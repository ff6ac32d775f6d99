// What is decided by value where an accepted program is linked: where a body, the last definition and its bracket stand, which word is a pair's, how many names are in
// reach. Nothing is stored here, so that the crate is checked in seconds; `linking` stores.
#![tactic(auto)]

pub mod link;
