//! The rows of one SELECT DISTINCT in no order, each once, as they come, a list that the query permits, for
//! any value substituted for an overflow. No page is asked for after the last row that LIMIT leaves.
//!
//! Its modules, in order: `first_rows` (rows that were met, each once) and `stream` (the rows).
mod first_rows;
mod stream;

pub use stream::DistinctResults;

* * * * * * * * *

| Task prompt |
Show each line of the data that contains the string "once".

| Result below |
//! The rows of one SELECT DISTINCT in no order, each once, as they come, a list that the query permits, for
//! Its modules, in order: `first_rows` (rows that were met, each once) and `stream` (the rows).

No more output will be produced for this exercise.